Remix.run Logo
rcrowley 4 days ago

1. I don't know if there's a single name for this. I will point out that AWS EBS and Google Persistent Disk as industrial examples of distributed, replicated block devices are also providing durability via replication. They're just providing it at a lower level that ends up sacrificing performance. I'm struggling to come up with a citation but I think it's either Liskov or Lynch that offered a proof to the effect of achieving durability in a distributed system via replication.
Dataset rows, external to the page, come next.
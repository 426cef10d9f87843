//! The names of types, for looking one up.
ghost use Rattle.std.specs.Prelude.{◌≡◌, ◌≤◌, length, map, IsTrue, IfOk};
ghost use Rattle.std.specs.List.{position};
ghost use Rattle.prod_model.specs.Names.{same_text, is_distinct};

use indexmap::IndexSet;
use prod_model::{Items, TypeDecl};
use std::alloc::{AllocError, Global};
use std::marker::Model;

/// The names of a model's types in file order, seen as the list of them.
#[derive(Drop)]
pub struct TypeNames<'n> {
    texts: IndexSet<&'n [u8]>,
}

impl<'n> Model for TypeNames<'n> {
    ghost use Rattle.std.specs.Prelude.{List, ℕ, map};

    ghost Value = { List (List ℕ) };

    ghost view = { λ n. map (λ t. t.now) n.texts.keys };
}

impl<'n> TypeNames<'n> {
    /// The names of these types.
    pub fn of(alloc: Global, types: &'n Items<TypeDecl>) -> Result<TypeNames<'n>, AllocError>
        requires { IsTrue (is_distinct (map (λ d. d.name) types.now)) }
        ensures { IfOk result (λ names. names ≡ map (λ d. d.name) types.now) }
    {
        Ok(TypeNames {
            texts: texts_of(alloc, types.as_slice())?,
        })
    }

    /// The number of the type that has the name.
    pub fn place_of(&self, name: &[u8]) -> Option<u32>
        requires { length self.now ≤ 128 }
        ensures { result ≡ position (λ n. same_text n name.now) self.now }
    {
        let place = self.texts.get_index_of(name)?;
        Some(place as u32)
    }
}

/// The names of these types, each put in once.
fn texts_of<'n>(alloc: Global, types: &'n [TypeDecl]) -> Result<IndexSet<&'n [u8]>, AllocError>
    requires { IsTrue (is_distinct (map (λ d. d.name) types.now)) }
    ensures { IfOk result (λ texts. map (λ t. t.now) texts.keys ≡ map (λ d. d.name) types.now) }
{
    let mut texts = IndexSet::new(alloc);
    for kind in types {
        texts.insert(kind.name.bytes())?;
    }
    Ok(texts)
}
2. The thinking laid out in the blog post you linked to is how we went about it. You can do the math with your own parameters by computing the probability of a second node failure within the time it takes to recover from a first node failure. These are independent failures, being on physically separate hardware in physically separate availability zones. It's only when they happen together that problems arise. The core is this: P(second node failure within MTTR for first node failure) = 1 - e^( -(MTTR node failure) / (MTBF for a node) )

3. This one's harder to test yourself. You can do all sorts of tests yourself (<https://rcrowley.org/2019/disasterpiece-theater.html>) and via AWS FIS but you kind of have to trust the cloud provider (or read their SOC 2 report) to learn how availability zones really work and really fail.

n_u 3 days ago | parent [-]

P(two failures within MTTR for first node) = P(one failure)P(second failure within MTTR of first node|one failure)

independence simplifies things

= P(one failure)P(second failure within MTTR of first node)

= P(one failure) * (1 - e^-λx)

where x = MTTR for first node

λ = 1/MTBF

plugging in the numbers from your blog post

P(one failure within 30 days) = 0.01 not sure if this part is correct.

MTTR = 5 minutes + 5 hours =~ 5.083 hours

MTBF = 30 days / 0.01 = 3000 days = 72000 hours

0.01 * (1 - e^(-5.083 / 72000)) = 0.0000007 ~= 0.00007 %

I must be doing something wrong cuz I'm not getting the 0.000001% you have in the blog post. If there's some existing work on this I'd be stoked to read it, I can't quite find a source.

Also there's two nodes that have the potential to fail while the first is down but that would make my answer larger not smaller.

rcrowley 3 days ago | parent [-]

I computed P(node failure within MTTR) = 0.00007 same as you. I extrapolated this to the outage scenario P(at least two node failures within MTTR) = P(node failure within MTTR)^2 * (1-P(node failure within MTTR)) + P(node failure within MTTR)^3 = 5.09 * 10^-9 which rounds to 0.0000001%.